Jim, the shear tool may seem like the ultimate answer at first but it _does_ have shortcomings including _very_ small DOC and feed.  The cutting edge can wear quickly resulting in a tapered diameter over long workpieces.  What's worse is that the wear is not usually eyeball detectable !  Takes a little magnification to see the tiny little wear spot.  (This is one of the times when you _should _use lots of cutting oil on 1018, to minimize the tool wear, by the way.)

This won't be a problem for general work but one of the main uses for the shear tool is not necessarily to produce a good finish but to obtain very accurate diameters, shaving off a few "tenths" at a time using the compound set at about 6 degrees off the spindle axis (google it and you'll understand the technique).
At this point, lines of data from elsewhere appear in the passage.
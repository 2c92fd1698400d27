//! The faults of `build`.

use std::alloc::AllocError;
use thiserror::Error;

/// Why there is no automaton.
#[derive(Debug, Drop, Error)]
pub enum BuildFault {
    /// B1: the grammar has more than 16,384 states.
    #[error("too many item sets")]
    TooManySets,
    /// B2: memory ran out.
    #[error("no memory")]
    Memory,
}

impl From<AllocError> for BuildFault {
    ghost use Rattle.std.specs.Prelude.{◌≡◌};
    ghost use Rattle.ylalr.specs.declared.fault.BuildFault.{BuildFault};

    ghost from_gives = { λ _ f. f ≡ BuildFault.Memory };

    fn from(_: AllocError) -> BuildFault {
        BuildFault::Memory
    }
}
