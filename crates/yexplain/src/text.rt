//! Names, rules and items as they are written.

use crate::lines::Lines;
use crate::reads::{body_of, left_of, name_of};
use std::fmt::{self, Display};
use ylalr::Item;
use ysymbols::{Grammar, Sym};

/// Some bytes, each as the character of its value.
#[derive(Clone, Copy)]
pub struct Bytes<'a>(pub &'a [u8]);

impl fmt::Display for Bytes<'_> {
    fn fmt<W: fmt::Write>(&self, f: &mut fmt::Formatter<W>) -> fmt::Result {
        for byte in self.0 {
            f.write_char(char::from(*byte))?;
        }
        Ok(())
    }
}

/// Some bytes, those that aren't printed as hexadecimal digits after `\\x`.
#[derive(Clone, Copy)]
pub struct Escaped<'a>(pub &'a [u8]);

impl fmt::Display for Escaped<'_> {
    fn fmt<W: fmt::Write>(&self, f: &mut fmt::Formatter<W>) -> fmt::Result {
        for byte in self.0 {
            if byte.is_ascii_graphic() || *byte == b' ' {
                f.write_char(char::from(*byte))?;
            } else {
                write!(f, "\\x{byte:02x}")?;
            }
        }
        Ok(())
    }
}

/// A symbol by its printed name.
#[derive(Clone, Copy)]
pub struct Name<'a>(pub &'a Grammar, pub Sym);

impl fmt::Display for Name<'_> {
    fn fmt<W: fmt::Write>(&self, f: &mut fmt::Formatter<W>) -> fmt::Result {
        Bytes(name_of(self.0, self.1)).fmt(f)
    }
}

/// Symbols by their printed names, with a space before each.
#[derive(Clone, Copy)]
pub struct Names<'a>(pub &'a Grammar, pub &'a [Sym]);

impl fmt::Display for Names<'_> {
    fn fmt<W: fmt::Write>(&self, f: &mut fmt::Formatter<W>) -> fmt::Result {
        for symbol in self.1 {
            f.write_char(' ')?;
            Bytes(name_of(self.0, *symbol)).fmt(f)?;
        }
        Ok(())
    }
}

/// A rule: its left side, a colon, its body.
#[derive(Clone, Copy)]
pub struct RuleText<'a>(pub &'a Grammar, pub usize);

impl fmt::Display for RuleText<'_> {
    fn fmt<W: fmt::Write>(&self, f: &mut fmt::Formatter<W>) -> fmt::Result {
        let body = body_of(self.0, self.1);
        put_left(f, self.0, self.1)?;
        Names(self.0, body).fmt(f)?;
        if body.is_empty() {
            return f.write_str(" (empty)");
        }
        Ok(())
    }
}

/// Writes the left side of a rule and a colon.
fn put_left<W: fmt::Write>(
    f: &mut fmt::Formatter<W>,
    grammar: &Grammar,
    rule: usize,
) -> fmt::Result {
    if let Some(left) = left_of(grammar, rule) {
        Name(grammar, left).fmt(f)?;
    }
    f.write_char(':')
}

/// An item: its rule with a period where the dot is.
#[derive(Clone, Copy)]
pub struct ItemText<'a>(pub &'a Grammar, pub Item);

impl fmt::Display for ItemText<'_> {
    fn fmt<W: fmt::Write>(&self, f: &mut fmt::Formatter<W>) -> fmt::Result {
        let body = body_of(self.0, self.1.rule);
        put_left(f, self.0, self.1.rule)?;
        Names(self.0, body.get(..self.1.dot).unwrap_or(body)).fmt(f)?;
        f.write_str(" .")?;
        Names(self.0, body.get(self.1.dot..).unwrap_or(&[])).fmt(f)
    }
}

/// A rule's number, with the line on which it begins where that is known: `rule 5 (line 12)`.
#[derive(Clone, Copy)]
pub struct Numbered<'a>(pub &'a Lines, pub usize);

impl fmt::Display for Numbered<'_> {
    fn fmt<W: fmt::Write>(&self, f: &mut fmt::Formatter<W>) -> fmt::Result {
        let number = self.1;
        match self.0.rule(number) {
            Some(line) => write!(f, "rule {number} (line {line})"),
            None => write!(f, "rule {number}"),
        }
    }
}
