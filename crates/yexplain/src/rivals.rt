//! A cell with a shift and its rules, and what would be done in it with other precedences, wherever
//! their lines may be put.

use crate::question::Question;
use crate::reads::{level_of, rule_of};
use crate::supposed::{BOTTOM, Contest, Supposed, TOP, line, place_of};
use std::fmt;
use ysymbols::{Associativity, Precedence, Sym};
use ytables::Action;

/// The words for lines of precedence with which a hint holds.
#[derive(Clone, Copy, Drop, PartialEq, Eq)]
pub struct Kinds {
    /// `%left`.
    pub left: bool,
    /// `%right`.
    pub right: bool,
    /// `%nonassoc`.
    pub nonassoc: bool,
}

impl Kinds {
    /// Those for which this is so.
    pub fn by<F: Fn(Associativity) -> bool + Drop>(is_so: F) -> Kinds
        requires { F.IsAlwaysCallable is_so }
    {
        Kinds {
            left: is_so(Associativity::Left),
            right: is_so(Associativity::Right),
            nonassoc: is_so(Associativity::Nonassoc),
        }
    }

    /// Those with which another hint holds too.
    pub fn and(self, other: Kinds) -> Kinds {
        Kinds {
            left: self.left && other.left,
            right: self.right && other.right,
            nonassoc: self.nonassoc && other.nonassoc,
        }
    }

    /// Whether there is one.
    pub fn any(self) -> bool {
        self.left || self.right || self.nonassoc
    }

    /// Those that are offered: `%nonassoc`, which refuses sentences, only where no other word does.
    pub fn offered(self) -> Kinds {
        Kinds {
            left: self.left,
            right: self.right,
            nonassoc: self.nonassoc && !self.left && !self.right,
        }
    }
}

impl fmt::Display for Kinds {
    fn fmt<W: fmt::Write>(&self, f: &mut fmt::Formatter<W>) -> fmt::Result {
        f.write_str(match (self.left, self.right) {
            (true, true) => "%left or %right",
            (true, false) => "%left",
            (false, true) => "%right",
            (false, false) => "%nonassoc",
        })
    }
}

/// A cell with a shift, and its rules.
#[derive(Clone, Copy)]
pub struct Rivals<'a> {
    /// The cell that is asked for.
    pub asked: Question<'a>,
    /// The shift.
    pub shift: Action,
    /// The cell as precedences are tried on it.
    pub contest: Contest,
}

impl<'a> Rivals<'a> {
    /// The cell that is asked for.
    pub fn new(asked: Question<'a>) -> Rivals<'a> {
        let shift = asked.shift().unwrap_or(Action::Error);
        let mut contest = Contest::of(asked);
        contest.shift = Some(shift);
        Rivals {
            asked,
            shift,
            contest,
        }
    }

    /// The precedences as they are.
    pub fn supposed(&self) -> Supposed<'a> {
        Supposed {
            grammar: self.asked.grammar(),
            lines: self.asked.lines,
            token: None,
            other: None,
            rule: None,
            tokens: &[],
            rules: &[],
        }
    }

    /// Whether this is done in the cell; never, where it has too many rules to be tried.
    pub fn is_done(&self, supposed: Supposed<'a>, action: Action) -> bool {
        match self.contest.settled(supposed) {
            Some(cell) => cell.action == action,
            None => false,
        }
    }

    /// Whether some rule is reduced in the cell.
    pub fn reduces(&self, supposed: Supposed<'a>) -> bool {
        match self.contest.settled(supposed) {
            Some(cell) => matches!(cell.action, Action::Reduce(_)),
            None => false,
        }
    }

    /// The place of the line of a rule, where it has one.
    pub fn place(&self, rule: usize) -> Option<usize> {
        let precedence = rule_of(self.asked.grammar(), rule)?.precedence()?;
        Some(place_of(precedence.level))
    }

    /// Where a line can be put: above, at and below that of each rule, at the top and the bottom.
    fn places(&self) -> [usize; 32] {
        let mut found = [BOTTOM; 32];
        let mut entries = found.iter_mut();
        if let Some(entry) = entries.next() {
            *entry = TOP;
        }
        for rule in self.contest.first_rules() {
            let Some(at) = self.place(*rule) else {
                continue;
            };
            for place in [at.saturating_sub(1), at, at.saturating_add(1)] {
                if let Some(entry) = entries.next() {
                    *entry = place;
                }
            }
        }
        found
    }

    /// The precedences where the token stands on a line at a place.
    pub fn with_token(&self, place: usize, kind: Associativity) -> Supposed<'a> {
        Supposed {
            token: Some((self.asked.token, line(place, kind))),
            ..self.supposed()
        }
    }

    /// Whether this is done in the cell, wherever the line of the token is put between two places.
    pub fn is_done_between(
        &self,
        (from, to): (usize, usize),
        kind: Associativity,
        action: Action,
    ) -> bool {
        for place in self.places() {
            let is_between = from < place && place < to;
            if is_between && !self.is_done(self.with_token(place, kind), action) {
                return false;
            }
        }
        true
    }

    /// The words with which this is done wherever the line of the token is put between two places.
    pub fn kinds_between(&self, places: (usize, usize), action: Action) -> Kinds {
        Kinds::by(|kind| self.is_done_between(places, kind, action))
    }

    /// Whether this is done where two tokens stand on lines of this word, the first one below the
    /// other, above all other lines and below all.
    fn is_done_by(&self, pair: (Sym, Sym), kind: Associativity, action: Action) -> bool {
        for place in [TOP, BOTTOM] {
            let supposed = Supposed {
                token: Some((pair.0, line(place.saturating_add(1), kind))),
                other: Some((pair.1, line(place, kind))),
                ..self.supposed()
            };
            if !self.is_done(supposed, action) {
                return false;
            }
        }
        true
    }

    /// The words of lines for two tokens, the first one below the other, with which this is done.
    pub fn kinds_by(&self, pair: (Sym, Sym), action: Action) -> Kinds {
        Kinds::by(|kind| self.is_done_by(pair, kind, action))
    }

    /// The precedences where the line of the token has another word.
    pub fn with_word(&self, kind: Associativity) -> Supposed<'a> {
        let level = level_of(self.asked.grammar(), self.asked.token).map_or(0, |it| it.level);
        self.with_token(place_of(level), kind)
    }

    /// Whether some rule is reduced, wherever the line of the token is put above a place.
    pub fn reduces_above(&self, to: usize, kind: Associativity) -> bool {
        for place in self.places() {
            if place < to && !self.reduces(self.with_token(place, kind)) {
                return false;
            }
        }
        true
    }

    /// The precedences where a token that gives rules theirs stands on a line at a place.
    pub fn with_giver(&self, token: Sym, place: usize) -> Supposed<'a> {
        Supposed {
            other: Some((token, line(place, Associativity::Nonassoc))),
            ..self.supposed()
        }
    }

    /// The precedences where a rule has a line of its own at a place, and the token one, too.
    pub fn with_own(&self, rule: usize, place: usize, token: Precedence) -> Supposed<'a> {
        Supposed {
            token: Some((self.asked.token, token)),
            rule: Some((rule, line(place, Associativity::Right))),
            ..self.supposed()
        }
    }

    /// Whether a name of its own for a rule chooses, where the token stands on this line.
    fn chooses(&self, rule: usize, token: Precedence) -> bool {
        let (above, below) = (token.level.saturating_sub(1), token.level.saturating_add(1));
        self.is_done(self.with_own(rule, above, token), self.shift)
            && self.is_done(self.with_own(rule, below, token), Action::Reduce(rule))
    }

    /// Whether a name of its own for a rule chooses, where the token has a line of this word.
    pub fn chooses_by(&self, rule: usize, kind: Associativity) -> bool {
        match level_of(self.asked.grammar(), self.asked.token) {
            Some(level) => self.chooses(rule, line(place_of(level.level), level.kind)),
            None => {
                self.chooses(rule, line(TOP.saturating_add(1), kind))
                    && self.chooses(rule, line(BOTTOM.saturating_add(1), kind))
            }
        }
    }
}
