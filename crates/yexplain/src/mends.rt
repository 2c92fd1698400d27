//! Mends: lines of precedence after all others that do what a hint says. Each is tried on its cell,
//! and so is what a hint leaves: conflicts with further rules.

use crate::advice::{Advice, Deed, Hint};
use crate::lines::{Lines, Spot};
use crate::question::Question;
use crate::reads::level_of;
use crate::rivals::Rivals;
use crate::supposed::{BOTTOM, Supposed, TOP, line, place_of};
use ysymbols::{Associativity, Grammar, Precedence, Sym};
use ytables::Action;

/// The words of lines, in the order in which they are tried.
const WORDS: [Associativity; 3] = [
    Associativity::Left,
    Associativity::Right,
    Associativity::Nonassoc,
];

/// One or two lines of precedence, to be written in front of the first mark.
#[derive(Clone, Copy, Drop)]
pub struct Mend {
    /// What comes of it.
    pub deed: Deed,
    /// The word of the lines.
    pub kind: Associativity,
    /// The token of the first line.
    pub first: Sym,
    /// The token of the second one, where there is one.
    pub second: Option<Sym>,
    /// Where the first mark stands.
    pub at: Spot,
}

/// Whether a token can be named on one more line: the file names it, and on no line so far.
fn is_free(grammar: &Grammar, lines: &Lines, token: Sym) -> bool {
    let mut mentions = lines.mentions.iter();
    level_of(grammar, token).is_none() && mentions.any(|it| it.symbol == token)
}

/// The tokens of the lines that an advice on a token asks for, in their order, where they can stand
/// after all others.
fn tokens_of(token: Sym, advice: Advice, deed: Deed) -> Option<(Sym, Option<Sym>)> {
    match (advice, deed) {
        (Advice::Both { .. }, _) | (Advice::Token(_), Deed::Shift) => Some((token, None)),
        (Advice::Rule(giver), Deed::Reduce) => Some((giver, None)),
        (Advice::Lines { words, .. }, Deed::Shift) => Some((words.giver, Some(token))),
        (Advice::Lines { words, .. }, Deed::Reduce) => Some((token, Some(words.giver))),
        _ => None,
    }
}

/// The lines that a hint on a cell asks for, for its shift or for its rule, where they can stand
/// after all others, and do that there.
pub fn mend_of(asked: Question<'_>, hint: Hint, deed: Deed) -> Option<Mend> {
    let Hint::Settle(rule, advice) = hint else {
        return None;
    };
    let (first, second) = tokens_of(asked.token, advice, deed)?;
    let (grammar, lines) = (asked.grammar(), asked.lines);
    let are_free = is_free(grammar, lines, first)
        && second.is_none_or(|token| is_free(grammar, lines, token));
    let at = lines.mark.filter(|_| are_free)?;
    let rivals = Rivals::new(asked);
    let action = match deed {
        Deed::Shift => rivals.shift,
        Deed::Reduce => Action::Reduce(rule),
    };
    for kind in WORDS {
        let supposed = Supposed {
            token: Some((first, line(BOTTOM, kind))),
            other: second.map(|token| (token, line(BOTTOM.saturating_add(1), kind))),
            ..rivals.supposed()
        };
        if rivals.is_done(supposed, action) {
            return Some(Mend {
                deed,
                kind,
                first,
                second,
                at,
            });
        }
    }
    None
}

/// The place just before another one, or just after it.
fn place_by(at: usize, is_before: bool) -> usize {
    if is_before {
        at.saturating_sub(1)
    } else {
        at.saturating_add(1)
    }
}

impl<'a> Rivals<'a> {
    /// The precedences where the shift or a rule is chosen as an advice says, by lines of this word;
    /// `None` where it asks for none.
    fn chosen(
        &self,
        (rule, advice): (usize, Advice),
        deed: Deed,
        kind: Associativity,
    ) -> Option<Supposed<'a>> {
        let (token, shifts) = (self.asked.token, deed == Deed::Shift);
        let own = match level_of(self.asked.grammar(), token) {
            Some(Precedence { level, kind }) => line(place_of(level), kind),
            None => line(BOTTOM, kind),
        };
        match advice {
            Advice::End | Advice::Inner | Advice::General => None,
            Advice::Both { .. } => Some(self.with_token(BOTTOM, kind)),
            Advice::Token(_) => {
                let at = if shifts { BOTTOM } else { TOP };
                Some(self.with_token(at, kind))
            }
            Advice::Rule(giver) => Some(self.with_giver(giver, place_by(own.level, shifts))),
            Advice::Own => Some(self.with_own(rule, place_by(own.level, shifts), own)),
            Advice::Lines { words, .. } => {
                let (first, second) = if shifts {
                    (words.giver, token)
                } else {
                    (token, words.giver)
                };
                Some(Supposed {
                    token: Some((first, line(BOTTOM, kind))),
                    other: Some((second, line(BOTTOM.saturating_add(1), kind))),
                    ..self.supposed()
                })
            }
        }
    }

    /// Whether the cell still counts a conflict, with further rules, where the shift or a rule is
    /// chosen as an advice says.
    pub fn leaves(&self, (rule, advice): (usize, Advice), deed: Deed) -> bool {
        let action = match deed {
            Deed::Shift => self.shift,
            Deed::Reduce => Action::Reduce(rule),
        };
        for kind in WORDS {
            let Some(supposed) = self.chosen((rule, advice), deed, kind) else {
                return false;
            };
            if let Some(cell) = self.contest.settled(supposed) {
                if cell.action == action {
                    return cell.shift_reduce > 0 || cell.reduce_reduce > 0;
                }
            }
        }
        false
    }

    /// Whether conflicts stay in the cell where a hint is followed: by the shift, and by the rule.
    pub fn left_by(&self, hint: Hint) -> (bool, bool) {
        let Hint::Settle(rule, advice) = hint else {
            return (false, false);
        };
        let (shift, reduce) = (Deed::Shift, Deed::Reduce);
        let shifts = advice.offers(shift) && self.leaves((rule, advice), shift);
        let reduces = advice.offers(reduce) && self.leaves((rule, advice), reduce);
        (shifts, reduces)
    }
}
A little taper can be an important problem - for a bearing fit as an example - and then one is right back to using a scrap of emery paper to straighten out the taper 

Good on ya' for trying it out, though, best way to learn is by doing !  (FWIW one time I tried a brazed carbide AL tool as a shear tool after honing the edge with a diamond lap, and got some good results.  Was able to run the spindle faster with less tool wear although this won't be an advantage on your South Bend with its limited maximum RPM.  I still used very small DOC and feed, however.)


----------



## kwoodhands (Mar 26, 2015)

Jim1946 SB9" said:


> Hi everyone.
> Well I have started my first project on my 9" SB. I am struggling with surface finish I am cutting 1018 and want some pointers on finish cuts. At this time I still have lots of material to remove but would like to figure this out before I get to my final dimension. I have been reading about feeds and speeds but have yet to try power feed as I am not sure what feed rate to start with. Any advice about 1018 would be appreciated.




Grind an arc shape on HSS .The front relief  7° / 10°. The cutter should look like a C shape when looking down on the cutter. The radius is about 1/16". Grind the top and side rake about 5°. You may have to stone the cutter if there are any burrs.Center the tool on the work. Place a 6" steel rule between the cutter and the work.If the rule is plumb the tool is centered. If the top of the rule is away from you the tool the tool is high.If the rule is towards you the tool is low.
Once you are set up, use the powerfeed on the slowest travel. Spindle speed set about 350 rpm,not critical.Make your cuts .005 or so at first.You will be removing twice that amount when turning.Use a cutting oil, I use plumbers thread cutting oil on 1018.If you grind the HSS cutter like I said ,center it , use a lubricant ,the finish will be much better.
Usually I can turn a shaft or axle so none or almost no other work is involved. If you have to sand or file, then make light cuts instead. The most you should have to do is 400 grit paper or scotch brite pad.Don't be afraid of the powerfeed.
When you get close ,especially at the lowest travel speed you have plenty of time to stop the feed.
mike


----------



## l. bacon (Mar 28, 2015)

Some thoughts I have on this finish subject: A manual lathe is a thread cutting lathe. no matter whether it is cutting a 8 thread per inch or .005 per revolution. Look at your rough surface with a magnifying glass or under a microscope and you will see what I mean. So a pointed tool will leave a threaded surface or that rough surface that you don't like. To smooth that surface, a tool with a less point should help. A tool that is wide, straight and parallel with the work surface will work but will likely chatter and leave an uneven finish, so a tool that is only as wide as to bridge across at least two threads should leave a smooth surface ,but it will probably be too difficult to adjust perfectly parallel to the work. A rounded tool that is wide as described previously is what seems to work best. It cuts out at least two of the previous threads and isn't so wide that it chatters. Of course there are other things that can cause a rough finish such as a loose and worn machine, dull or sharpened with poor relief angles, and all the other things mentioned in previous posts.

I hope this helps. This is just my 2 cents worth.


----------